# Kommunikation IPC mit Office-Domäne



## clumsi (13 Februar 2022)

Hi!

Um es gleich vorweg zu nehmen: Auf dem Gebiet der Netzwerktechnik bin ich kein Experte, würde mich aber zu folgendem Thema gerne etwas informieren und hoffe auf ein paar Hinweise von euch, wonach ich suchen muss ;-) Ich spreche auch noch mit den Admins, aber vorher würde ich gerne etwas Grundlagenwissen haben, was technisch alles möglich wäre.

Im Unternehmen sind alle Arbeitsplatz (Büro)-Rechner an einer Windows-Domäne angeschlossen, dort sind auch die Datenserver erreichbar. PC, die in diese Domäne eingebunden sind, sind voll von den Admins verwaltet. Diese installieren die Anti-Virensoftware und steuern die automatischen Updates. So wird sicher gestellt, dass ausschließlich sichere Rechner an der Domäne sind. Nicht mehr unterstützte Systeme wie Windows 7 würden auch nicht in die Domäne integriert werden.
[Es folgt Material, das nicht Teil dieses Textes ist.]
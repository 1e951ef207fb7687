//! Values that are words in the store.
ghost use Rattle.std.specs.Prelude.{◌≡◌, IfErr, IfOk};
ghost use Rattle.sqlite.specs.declared.types.Value.TheVariants.{Text};
ghost use Rattle.sqlite_value.specs.Order.{column};
ghost use Rattle.sms_store_sql.specs.listing.Columns.{text_in};
ghost use Rattle.sms_store_sql.specs.listing.Reading.{HasAt, LacksMemory};
ghost use Rattle.sms_store_tables.specs.handset.Words.{coding_in, coding_word, state_in, state_word};

use crate::named;
use sms_alphabet::Coding;
use sms_handset_rows::outbox::EntryState;
use sms_store_sql::listing::text_at;
use sqlite::{Error, Row};

pub(crate) fn state_word(state: EntryState) -> &'static str
    ensures { result.now ≡ state_word state }
{
    match state {
        EntryState::Queued => "queued",
        EntryState::Sending => "sending",
        EntryState::Sent => "sent",
        EntryState::Failed => "failed",
        EntryState::Unsure => "unsure",
    }
}

pub(crate) fn state_at(row: &Row, at: usize) -> Result<EntryState, Error>
    ensures value { IfOk result (λ state. state ≡ state_in (text_in (column row.now at))) }
    ensures only { (state : EntryState) → HasAt row.now at (Text (state_word state)) → IfErr result LacksMemory }
{
    named!(row, at,
        "queued" => EntryState::Queued, "sending" => EntryState::Sending,
        "sent" => EntryState::Sent, "failed" => EntryState::Failed,
        "unsure" => EntryState::Unsure,
    )
}

pub(crate) fn coding_word(coding: Coding) -> &'static str
    ensures { result.now ≡ coding_word coding }
{
    match coding {
        Coding::Septets => "septets",
        Coding::Octets => "octets",
        Coding::Ucs2 => "ucs2",
        Coding::Compressed => "compressed",
    }
}

pub(crate) fn coding_at(row: &Row, at: usize) -> Result<Coding, Error>
    ensures value { IfOk result (λ coding. coding ≡ coding_in (text_in (column row.now at))) }
    ensures only { (coding : Coding) → HasAt row.now at (Text (coding_word coding)) → IfErr result LacksMemory }
{
    named!(row, at,
        "septets" => Coding::Septets, "octets" => Coding::Octets, "ucs2" => Coding::Ucs2,
        "compressed" => Coding::Compressed,
    )
}
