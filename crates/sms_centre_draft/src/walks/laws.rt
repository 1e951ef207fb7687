//! Laws of the centre's walks, over its definition alone.
ghost use Rattle.std.specs.Prelude.{◌≡◌, ◌+◌, ◌++◌, ◌∷◌, [], ℕ, List, None, Some, true};
ghost use Rattle.std.specs.List.Sorted.{IsNonDecreasing};
ghost use Rattle.sms_centre_reports.specs.open_reports.Entries.{status_key, status_until};
ghost use Rattle.sms_centre_reports.specs.open_reports.OpenReports.{OpenReportsOf, Represents};
ghost use Rattle.sms_centre_reports.specs.declared.open_reports.entry.StatusEntry.{StatusEntry};
ghost use Rattle.sms_rows.specs.index.First.{first_such, is_past_from};
ghost use Rattle.sms_centre_rows.specs.messages.Messages.{message_key};
ghost use Rattle.sms_centre_rows.specs.reports.Reports.{is_open_status, report_of};
ghost use Rattle.sms_centre_rows.specs.declared.reports.report.ReportRow.{ReportRow};
ghost use Rattle.sms_rows.specs.table.Table.{Rises};
ghost use Rattle.sms_centre_rows.specs.waiting.SoundAllocations.{SoundAllocations};
ghost use Rattle.sms_centre_queue.specs.queues.LinkOrder.{AreLinks};
ghost use Rattle.sms_centre_queue.specs.queues.Walks.{walk};
ghost use Rattle.sms_centre_queue.specs.declared.queues.concern.ConcernedHandset.{ConcernedHandset};
ghost use Rattle.sms_centre_queue.specs.declared.queues.concern.Concern.TheVariants.{Awaited, Fire, FireUnmentioned, Offer};
ghost use Rattle.sms_centre_spec.specs.CentreEvent.{dropped, expired, fired, raise, raised};
ghost use Rattle.sms_centre_spec.specs.Draft.{Draft, Store, handsets_in, messages_in, references_in, reports_in};
ghost use Rattle.sms_centre_spec.specs.Offering.{offer};
ghost use Rattle.sms_centre_spec.specs.Transfers.{report_closed};
ghost use Rattle.sms_centre_draft.specs.walks.Expiring.{CoversOver, expire_numbers};
ghost use Rattle.sms_centre_draft.specs.walks.OldReports.{drop_from};
ghost use Rattle.sms_centre_draft.specs.walks.Stepping.{fire_on, offer_at, stops_in};

use sms_centre_reports::open_reports::laws::the_open_reports_find_old_ones;

/// A walk over one more stop is the walk before it, then a step at that stop.
pub fn a_walk_takes_one_more_step<D: Drop>()
    ensures { (step : List ℕ → D → D) (stops : List ConcernedHandset) (stop : ConcernedHandset) (d : D)
        → walk step (stops ++ stop ∷ []) d ≡ step stop.number (walk step stops d) }
{}

/// Offers concern only those handsets whose link is ready and for which something is due as the offers begin.
pub fn offers_concern_those_found()
    ensures { (d : Draft) → SoundAllocations (handsets_in d.store) (references_in d.store) → offer d ≡ walk offer_at (stops_in (Offer d.store.moment) d) d }
{}

/// Timers fire only at those links at which one is due as the walk begins. The links of handsets that had been given a
/// reference are first, then the others. Both are found before the first timer fires. One that fires may end a message,
/// or make a status report for another handset, which then has been given a reference. It makes no other timer due, and
/// moves no handset.
pub fn timers_fire_at_those_found()
    ensures { (d : Draft) → SoundAllocations (handsets_in d.store) (references_in d.store) → AreLinks d.links.all
        → fired d ≡ walk fire_on (stops_in (FireUnmentioned d.store.moment) d) (walk fire_on (stops_in (Fire d.store.moment) d) d) }
{}

/// The links that were up before a recovery are up again: those that are found as the walk begins.
pub fn links_rise_where_found()
    ensures { (d : Draft) → AreLinks d.links.all → raised d ≡ walk raise (stops_in Awaited d) d }
{}

/// Messages expire by their numbers. Any numbers in order serve among which are those of all messages whose time is
/// over. A number may be there twice, and so may that of a message that has ended.
pub fn messages_expire_by_numbers()
    ensures { (s : Store) (ids : List ℕ) → Rises message_key (messages_in s) → IsNonDecreasing ids → CoversOver ids s → expired s ≡ expire_numbers ids s }
{}

/// Old status reports are dropped from place 0 on. From a place on, the first that memory finds is dropped,
/// and then those behind it. Where none is found, none is dropped any more.
pub fn old_reports_are_dropped_where_found()
    ensures begins { (s : Store) → dropped s ≡ drop_from 0 s }
    ensures next { (s : Store) (current : OpenReportsOf) (first : ℕ) (e : StatusEntry) → Represents (messages_in s) current (reports_in s)
        → first_such (is_past_from status_key status_until first s.moment) current.statuses ≡ Some e
        → (r : ReportRow) × ((report_of e.id (reports_in s) ≡ Some r) × (is_open_status r ≡ true) ×
        (drop_from first s ≡ drop_from (e.place + 1) (report_closed r s))) }
    ensures none { (s : Store) (current : OpenReportsOf) (first : ℕ) → Represents (messages_in s) current (reports_in s)
        → first_such (is_past_from status_key status_until first s.moment) current.statuses ≡ None → drop_from first s ≡ s }
{
    the_open_reports_find_old_ones();
}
Auf der anderen Seite stehe ich in der Produktion und verwalte das Automatisierungsnetz: Die Roboter, Sicherheitssteuerung, Fremdanlagen und natürlich der Beckhoff IPC mit Win CE 7 sind dort mitenander vernetzt, jedoch nicht an der Domäne oder Internet, sondern mit dem PC für die Programmierung.
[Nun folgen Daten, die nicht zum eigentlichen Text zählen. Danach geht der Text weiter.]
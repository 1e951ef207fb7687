//! Groups of parts in columns.
ghost use Rattle.std.specs.Prelude.{◌≡◌, ◌<◌, ◌+◌, IfErr, IfOk};
ghost use Rattle.sqlite_value.specs.Order.{column};
ghost use Rattle.sms_handset_rows.specs.declared.inbox.entry.Group.{Group as GroupOf};
ghost use Rattle.sms_store_sql.specs.listing.Reading.{LacksMemory};
ghost use Rattle.sms_store_tables.specs.handset.Groups.{HasGroup, IsStoredGroup, group_in};

use crate::references::reference_at;
use sms_handset_rows::inbox::Group;
use sms_store_sql::listing::{address_at, octet_at};
use sqlite::{Error, Row};

/// The group in six columns: its source in three, its reference in two, and how many parts it has.
pub(crate) fn group_at(row: &Row, at: usize) -> Result<Group, Error>
    requires { at < 900 }
    ensures value { IfOk result (λ group. group ≡ group_in (column row.now at) (column row.now (at + 1)) (column row.now (at + 2)) (column row.now (at + 3))
        (column row.now (at + 4)) (column row.now (at + 5))) }
    ensures only { (g : GroupOf) → IsStoredGroup g → HasGroup row.now at g → IfErr result LacksMemory }
{
    let source = address_at(row, at)?;
    let reference = reference_at(row, at + 3, at + 4)?;
    let total = octet_at(row, at + 5)?;
    Ok(Group {
        source,
        reference,
        total,
    })
}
Was gibt es jetzt für Möglichkeiten, dass mein IPC Daten in eine Datenbank im Office-Netz schreibt? Der IPC kann ja nicht an die Domäne angeschlosen werden. Gibt es da zwischenschaltbare Switches o.ä., oder kann man da etwas mit VPN machen?

VG,
clumsi


----------



## Blockmove (14 Februar 2022)

clumsi schrieb:


> Was gibt es jetzt für Möglichkeiten, dass mein IPC Daten in eine Datenbank im Office-Netz schreibt? Der IPC kann ja nicht an die Domäne angeschlosen werden. Gibt es da zwischenschaltbare Switches o.ä., oder kann man da etwas mit VPN machen?
> 
> VG,
> clumsi


Da gibt's div. Möglichkeiten.
Am einfachsten ist meist ein 2. Netzwerkanschluss am IPC.
Ansonsten gibt es Gateways (mit und ohne VPN), Firewalls, ...
Einfach mal mit der IT zusammensetzen. So was kann man nur gemeinsam lösen


----------



## Gerhard Bäurle (15 Februar 2022)

Hallo, 
vielleicht wäre eine Automation-Firewall (Herstellerbezeichnung)  etwas für Dich ... da kannst Du genau festlegen (Whitelist), wer mit wem und wie kommunizieren darf.

Beispiel: https://mbconnectline.com/de/mbnetfix-2/


----------